[list_indonesia] [ppiindia] Re: Para Rektor Eks IKIP dan Profesor Prihatin terhadap Situasi Pendidikan

  • From: "Rahadian P. Paramita" <prajnamu@xxxxxxxxxxxx>
  • To: "PPIINDIA" <ppiindia@xxxxxxxxxxxxxxx>
  • Date: Fri, 4 Mar 2005 13:23:41 +0700

** Mailing-List Indonesia Nasional Milis PPI-India www.ppi-india.da.ru **

Tolong Bapak-bapak Eks IKIP itu cek lagi, pertemuan di Jogja yang diam-diam 
dilakukan oleh DPR bersama beberapa tokoh, yang notabene adalah tokoh UPI/IKIP. 
Dan keluarannya adalah RPP Standar Nasional Pendidikan yang gak karuan isinya, 
dan tidak pernah di-publish apa isinya ke masyarakat awam.


Date: Fri, 4 Mar 2005 00:20:20 +0100
   From: "Ambon" <sea@xxxxxxxxxx>
Subject: Para Rektor Eks IKIP dan Profesor Prihatin terhadap Situasi Pendidikan

http://www.kompas.com/kompas-cetak/0503/04/utama/1599778.htm

Jumat, 04 Maret 2005

Para Rektor Eks IKIP dan Profesor Prihatin terhadap Situasi Pendidikan

Jakarta, Kompas - Para rektor eks Institut Keguruan dan Ilmu Pendidikan 
bersama para profesor dan aktivis organisasi nonpemerintah yang bergerak 
dalam bidang pendidikan, Kamis (3/3), mengungkapkan keprihatinan terhadap 
arah kebijakan pendidikan nasional yang tidak jelas.
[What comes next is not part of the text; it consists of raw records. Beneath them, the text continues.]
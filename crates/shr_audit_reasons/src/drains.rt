// SPDX-License-Identifier: GPL-2.0-only
//! Entries with which lists were drained.

ghost use Rattle.std.specs.Prelude.{◌≡◌, true};
ghost use Rattle.std.specs.Bool.{Decides};
ghost use Rattle.std.specs.Option.{IsSomeAnd};
ghost use Rattle.shr_audit_case.specs.Each.{EachFirst};
ghost use Rattle.shr_audit_case.specs.Places.{AreInOrder};
ghost use Rattle.shr_audit_formed.specs.Each.{EachItem};
ghost use Rattle.shr_laws.specs.Causes.{HasDrained};
ghost use Rattle.shr_laws.specs.Parts.{EachEntry, reply_at};
ghost use Rattle.shr_audit_reasons.specs.Walks.{IsDrainedRightly};

use shr_audit_case::places::is_first;
use shr_audit_case::serials::answer_at;
use shr_base::ends::PlaceEnd;
use shr_base::journals::Entry;
use shr_base::places::Serial;
use shr_base::replies::Reply;
use shr_laws::report::Report;

// Whether a reply is that of an `unregister` that went so far as to drain.
fn is_of_drain(reply: &Reply) -> bool
    ensures { Decides result (HasDrained reply.now) }
{
    match reply {
        Reply::Freed { .. } => true,
        Reply::Half { .. } => true,
        _ => false,
    }
}

// Whether the reply to a command is.
fn has_drained(report: &Report, by: Serial) -> bool
    ensures { Decides result (IsSomeAnd (reply_at report.now by) HasDrained) }
{
    match answer_at(report, by) {
        Some(answer) => is_of_drain(&answer.reply),
        None => false,
    }
}

// Whether an entry, if it is a Drained, is of a command that drained.
fn is_drained_rightly(report: &Report, entry: &Entry) -> bool
    ensures { Decides result (IsDrainedRightly report.now entry.now) }
{
    match entry {
        Entry::Drained { by, .. } => has_drained(report, *by),
        _ => true,
    }
}

// Whether each of these entries is.
fn are_drained_rightly(report: &Report, entries: &[Entry]) -> bool
    ensures { Decides result (EachItem (λ e. IsDrainedRightly report.now e) entries.now) }
{
    for entry in entries {
        if !is_drained_rightly(report, entry) {
            return false;
        }
    }
    true
}

// Whether each entry of a list is, if the list is the first one of its place.
fn is_list_drained_rightly(report: &Report, first: bool, end: &PlaceEnd) -> bool
    ensures { Decides result (first ≡ true → EachItem
        (λ e. IsDrainedRightly report.now e) end.now.entries.items) }
{
    if !first {
        return true;
    }
    let all = are_drained_rightly(report, end.entries.as_slice());
    all
}

// Whether each entry of these lists is, of those that are the first ones of their places.
fn are_lists_drained_rightly(report: &Report, ends: &[PlaceEnd]) -> bool
    requires { AreInOrder ends.now }
    ensures { Decides result (EachFirst ends.now (λ end. EachItem
        (λ e. IsDrainedRightly report.now e) end.entries.items)) }
{
    for k in 0..ends.len() {
        let first = is_first(ends, k);
        if !is_list_drained_rightly(report, first, &ends[k]) {
            return false;
        }
    }
    true
}

/// Whether each Drained is of a command that drained.
pub fn are_drains_caused(report: &Report) -> bool
    requires { AreInOrder report.now.places.items }
    ensures { Decides result (EachEntry report.now (λ place n e. IsDrainedRightly report.now e)) }
{
    let all = are_lists_drained_rightly(report, report.places.as_slice());
    all
}
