// SPDX-License-Identifier: GPL-2.0-only
//! Journals of pools that were found used up.

ghost use Rattle.std.specs.Prelude.{◌≡◌, ◌+◌, ◌^◌, ◌<◌, ◌≤◌, length, slice_get};
ghost use Rattle.std.specs.Bool.{Decides};
ghost use Rattle.shr_model.specs.Places.{is_place};
ghost use Rattle.shr_model.specs.Units.{free_after, free_of};
ghost use Rattle.shr_laws.specs.Causes.{IsPoolSpent};
ghost use Rattle.shr_laws.specs.UnitParts.{home_in, pool_place, units_journal};
ghost use Rattle.shr_laws.specs.WellFormed.{units_place};

use shr_base::ends::UnitsEnd;
use shr_base::journals::PlainEntry;
use shr_base::places::Place;
use shr_base::replies::Spent;
use shr_base::scripts::Script;
use shr_laws::report::Report;

// Whether a pool's journal is that of a place.
fn is_of_place(units: &UnitsEnd, place: Place) -> bool
    ensures { result ≡ is_place (units_place units.now) place }
{
    units.pool as u16 == place.id && units.node == place.node && place.group == 0
}

// The journal of a pool at a place; one that isn't printed is empty.
fn units_at(report: &Report, place: Place) -> &[PlainEntry]
    ensures { result.now ≡ units_journal report.now place }
{
    for units in report.units.as_slice() {
        if is_of_place(units, place) {
            return units.entries.as_slice();
        }
    }
    &[]
}

// How many units are free after one entry more.
fn free_after(free: u64, entry: &PlainEntry) -> u64
    requires { free < 2 ^ 63 }
    ensures free { result ≡ free_after free entry.now }
    ensures small { result ≤ free + 2 ^ 32 }
{
    match entry {
        PlainEntry::Release { units, .. } => free + *units as u64,
        PlainEntry::Grab { got, .. } => { if *got { free.saturating_sub(1) } else { free } }
        PlainEntry::Reclaim { freed, .. } => free.saturating_sub(*freed as u64),
    }
}

// How many a journal leaves free.
fn free_of(entries: &[PlainEntry]) -> u64
    requires { length entries.now ≤ 2 ^ 31 }
    ensures { result ≡ free_of entries.now }
{
    let mut free = 0;
    for entry in entries {
        free = free_after(free, entry);
    }
    free
}

// The node at which a pool keeps the units of a node.
fn home_in(script: &Script, pool: usize, node: u8) -> u8
    ensures { result ≡ home_in (slice_get script.now.pools.items pool) node }
{
    match script.pools.get(pool) {
        Some(decl) => { if decl.flat { 0 } else { node } }
        None => node,
    }
}

// Whether a place is that of a pool on a node.
fn is_pool_place(script: &Script, pool: usize, node: u8, place: Place) -> bool
    ensures { Decides result (place ≡ pool_place script.now pool node) }
{
    place.id as usize == pool && place.node == home_in(script, pool, node) && place.group == 0
}

// Whether the journal of a place has 2^31 entries, which leave so many units free.
fn is_full_at(report: &Report, place: Place, free: u32) -> bool
    ensures { Decides result ((length (units_journal report.now place) ≡ 2 ^ 31) ×
        (free ≡ free_of (units_journal report.now place))) }
{
    let units = units_at(report, place);
    units.len() == 0x8000_0000 && free as u64 == free_of(units)
}

/// Whether the journal of a pool on a node was found used up with these numbers.
pub fn is_pool_spent(script: &Script, report: &Report, pool: usize, node: u8, spent: Spent) -> bool
    ensures { Decides result (IsPoolSpent report.now (pool_place script.now pool node) spent) }
{
    match spent {
        Spent::List {
            place,
            entries,
            items,
        } => {
            is_pool_place(script, pool, node, place)
                && entries == 0x8000_0000
                && is_full_at(report, place, items)
        }
        _ => false,
    }
}
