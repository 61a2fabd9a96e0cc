// SPDX-License-Identifier: GPL-2.0-only
//! A script and its report, by the index: journals replayed, sums by key, and registrations.
//!
//! The journal of a place, the answer to a command, and what each journal leaves; whether what goes up at each key
//! is what goes down there; what each list held after each entry; and the lookups that lie in each registration.
#![tactic(auto)]

pub mod case;
pub mod deferred;
pub mod groups;
mod items;
pub mod journal;
pub mod lists;
pub mod live;
pub mod met;
pub mod moves;
pub mod places;
pub mod replayed;
pub mod serials;
pub mod step;
pub mod steps;
pub mod tags;
pub mod values;
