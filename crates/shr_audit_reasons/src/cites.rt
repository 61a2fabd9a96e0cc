// SPDX-License-Identifier: GPL-2.0-only
//! Which answers speak of an entry of the journals of the tree and of registrations, or of a group.

ghost use Rattle.std.specs.Prelude.{◌≡◌, ℕ, ◌↔◌, IfOk, Some, option_copied, true};
ghost use Rattle.std.specs.Bool.{Decides};
ghost use Rattle.shr_base.specs.declared.scripts.Command.TheVariants.{Offline};
ghost use Rattle.shr_model.specs.Pool.{id_of};
ghost use Rattle.shr_laws.specs.Causes.{MayHaveBegun, is_done_by, is_made_by};
ghost use Rattle.shr_audit_reasons.specs.Cites.{AreCited, CitesNow, IsBegunBy, IsFreedAt, IsNever, IsNextOf, NotesAnswer, NotesWorker, after_cited, cited_in, is_registered_by, is_unregistered_by, noted_at};

use shr_audit_replies::numbers::{answer_of, command_of, count_answers};
use shr_base::journals::PoolEntry;
use shr_base::memory::Memory;
use shr_base::replies::Reply;
use shr_base::scripts::{Command, Script};
use shr_laws::report::Report;
use std::alloc::Global;

/// What an answer may say of an entry or of a group.
#[derive(Clone, Copy, Debug, PartialEq, Eq)]
pub enum What {
    /// The entry is its own Done.
    Done,
    /// The entry is its own Made.
    Made,
    /// It registered by the entry.
    Registered,
    /// It unregistered by the entry.
    Unregistered,
    /// It freed an id, of which the entry is the first from the one on that it cites.
    Freed,
    /// It may have begun the group's offlining.
    Begun,
}

/// Which answers say so: none, one, or more, of which this is the first.
#[derive(Clone, Copy, Debug, PartialEq, Eq)]
pub enum Cited {
    Never,
    Once {
        worker: usize,
        command: usize,
    },
    Often {
        worker: usize,
        command: usize,
        /// Whether another worker has one.
        others: bool,
    },
}

fn own_done(reply: &Reply) -> Option<usize>
    ensures { (n : ℕ) → (is_done_by n reply.now ≡ true) ↔ (result ≡ Some n) }
{
    match reply {
        Reply::OfflineDone { entry, .. } => Some(*entry as usize),
        _ => None,
    }
}

fn own_made(reply: &Reply) -> Option<usize>
    ensures { (n : ℕ) → (is_made_by n reply.now ≡ true) ↔ (result ≡ Some n) }
{
    match reply {
        Reply::Made { entry } => Some(*entry as usize),
        _ => None,
    }
}

fn registered(reply: &Reply) -> Option<usize>
    ensures { (n : ℕ) → (is_registered_by n reply.now ≡ true) ↔ (result ≡ Some n) }
{
    match reply {
        Reply::Registered { entry, .. } => Some(*entry as usize),
        _ => None,
    }
}

fn unregistered(reply: &Reply) -> Option<usize>
    ensures { (n : ℕ) → (is_unregistered_by n reply.now ≡ true) ↔ (result ≡ Some n) }
{
    match reply {
        Reply::Freed { entry, .. } => Some(*entry as usize),
        Reply::Half { entry, .. } => Some(*entry as usize),
        _ => None,
    }
}

/// The id that an entry of the pool is of.
pub(crate) fn id_of(entry: PoolEntry) -> u16
    ensures { result ≡ id_of entry }
{
    match entry {
        PoolEntry::Registered { id, .. } => id,
        PoolEntry::Unregistered { id, .. } => id,
        PoolEntry::Idle { id } => id,
    }
}

// The first entry of an id from a number on.
fn next_of(pool: &[PoolEntry], id: u16, from: usize) -> Option<usize>
    ensures { IsNextOf pool.now id from result }
{
    for n in from..pool.len() {
        if id_of(pool[n]) == id {
            return Some(n);
        }
    }
    None
}

// The same, of a number that an answer cites.
fn first_of(pool: &[PoolEntry], id: u16, entry: u32) -> Option<usize>
    ensures { (n : ℕ) → IsNextOf pool.now id entry (Some n) ↔ (result ≡ Some n) }
{
    let first = next_of(pool, id, entry as usize);
    first
}

// The first entry of the id that an answer freed, from the one on that it cites.
fn freed(report: &Report, reply: &Reply) -> Option<usize>
    ensures { (n : ℕ) → IsFreedAt report.now.pool.items n reply.now ↔ (result ≡ Some n) }
{
    match reply {
        Reply::Freed { id, entry, .. } => first_of(report.pool.as_slice(), *id, *entry),
        _ => None,
    }
}

// Whether an `offline` that was answered so may have begun the group's offlining.
fn may_have_begun(reply: &Reply) -> bool
    ensures { Decides result (MayHaveBegun reply.now) }
{
    match reply {
        Reply::OfflineDone { .. } => true,
        Reply::AlreadyDone { .. } => true,
        Reply::Worn { .. } => true,
        Reply::Memory => true,
        _ => false,
    }
}

// The group that a command takes offline.
fn offlined(command: Option<&Command>) -> Option<usize>
    ensures { (group : ℕ) → (option_copied command.entry ≡ Some (Offline group)) ↔
        (result ≡ Some group) }
{
    match command {
        Some(Command::Offline { group }) => Some(*group as usize),
        _ => None,
    }
}

// The group whose offlining an answer may have begun.
fn begun(command: Option<&Command>, reply: &Reply) -> Option<usize>
    ensures { (group : ℕ) → IsBegunBy (option_copied command.entry) reply.now group ↔
        (result ≡ Some group) }
{
    if !may_have_begun(reply) {
        return None;
    }
    offlined(command)
}

// The entry or the group that an answer says so of.
fn told(report: &Report, what: What, command: Option<&Command>, reply: &Reply) -> Option<usize>
    ensures { (n : ℕ) → CitesNow report.now what (option_copied command.entry) reply.now n ↔
        (result ≡ Some n) }
{
    match what {
        What::Done => own_done(reply),
        What::Made => own_made(reply),
        What::Registered => registered(reply),
        What::Unregistered => unregistered(reply),
        What::Freed => freed(report, reply),
        What::Begun => begun(command, reply),
    }
}

/// What is noted of an entry or a group, nothing past the last.
pub fn cited_at(table: &[Cited], n: usize) -> Cited
    ensures { result ≡ cited_in table.now n }
{
    if n < table.len() {
        table[n]
    } else {
        Cited::Never
    }
}

// One answer more says so.
fn after(cited: Cited, worker: usize, command: usize) -> Cited
    ensures { result ≡ after_cited cited worker command }
{
    match cited {
        Cited::Never => Cited::Once { worker, command },
        Cited::Once {
            worker: w,
            command: c,
        } => Cited::Often {
            worker: w,
            command: c,
            others: w != worker,
        },
        Cited::Often {
            worker: w,
            command: c,
            others,
        } => Cited::Often {
            worker: w,
            command: c,
            others: others || w != worker,
        },
    }
}

// Notes what an answer tells.
fn note(table: &mut Vec<Cited>, told: Option<usize>, worker: usize, command: usize)
    ensures { table.new.items ≡ noted_at told worker command table.old.items }
{
    let Some(n) = told else {
        return;
    };
    if n < table.len() {
        table[n] = after(table[n], worker, command);
    }
}

// Notes what one answer of a worker tells.
fn note_answer(
    script: &Script,
    report: &Report,
    what: What,
    worker: usize,
    number: usize,
    table: &mut Vec<Cited>,
)
    ensures { NotesAnswer script.now report.now what worker number table.old.items table.new.items }
{
    let Some(answer) = answer_of(report, worker, number) else {
        return;
    };
    let cited = told(
        report,
        what,
        command_of(script, worker, number),
        &answer.reply,
    );
    note(table, cited, worker, number);
}

// Notes what each answer of a worker tells.
fn note_worker(script: &Script, report: &Report, what: What, worker: usize, table: &mut Vec<Cited>)
    ensures { NotesWorker script.now report.now what worker table.old.items table.new.items }
{
    for number in 0..count_answers(report, worker) {
        note_answer(script, report, what, worker, number, table);
    }
}

// A table of so many of which no answer says anything.
fn none_cited(alloc: Global, size: usize) -> Result<Vec<Cited>, Memory>
    ensures { IfOk result (λ table. IsNever size table.items) }
{
    let mut table = Vec::new(alloc);
    for _n in 0..size {
        table.push(Cited::Never)?;
    }
    Ok(table)
}

/// Which answers say so, for each entry or group below a number. It goes through the answers once.
pub fn note_answers(
    alloc: Global,
    script: &Script,
    report: &Report,
    what: What,
    size: usize,
) -> Result<Vec<Cited>, Memory>
    ensures { IfOk result (λ table. AreCited script.now report.now what size table.items) }
{
    let mut table = none_cited(alloc, size)?;
    for worker in 0..report.workers.len() {
        note_worker(script, report, what, worker, &mut table);
    }
    Ok(table)
}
Mereka juga 
mengingatkan agar pemerintah tidak melepaskan tanggung jawab negara dalam 
penyelenggaraan pendidikan dan mendesak agar pendidikan dasar benar-benar 
dibebaskan dari semua bentuk pungutan.

Rektor Universitas Negeri Jakarta (UNJ) Soetjipto menilai pendidikan 
nasional saat ini mengalami disfungsi dan menuju ke arah yang salah. 
Pendidikan, kata Soetjipto, tidak bisa dijalankan hanya berdasarkan perasaan 
tanpa didasarkan ilmu tentang pendidikan.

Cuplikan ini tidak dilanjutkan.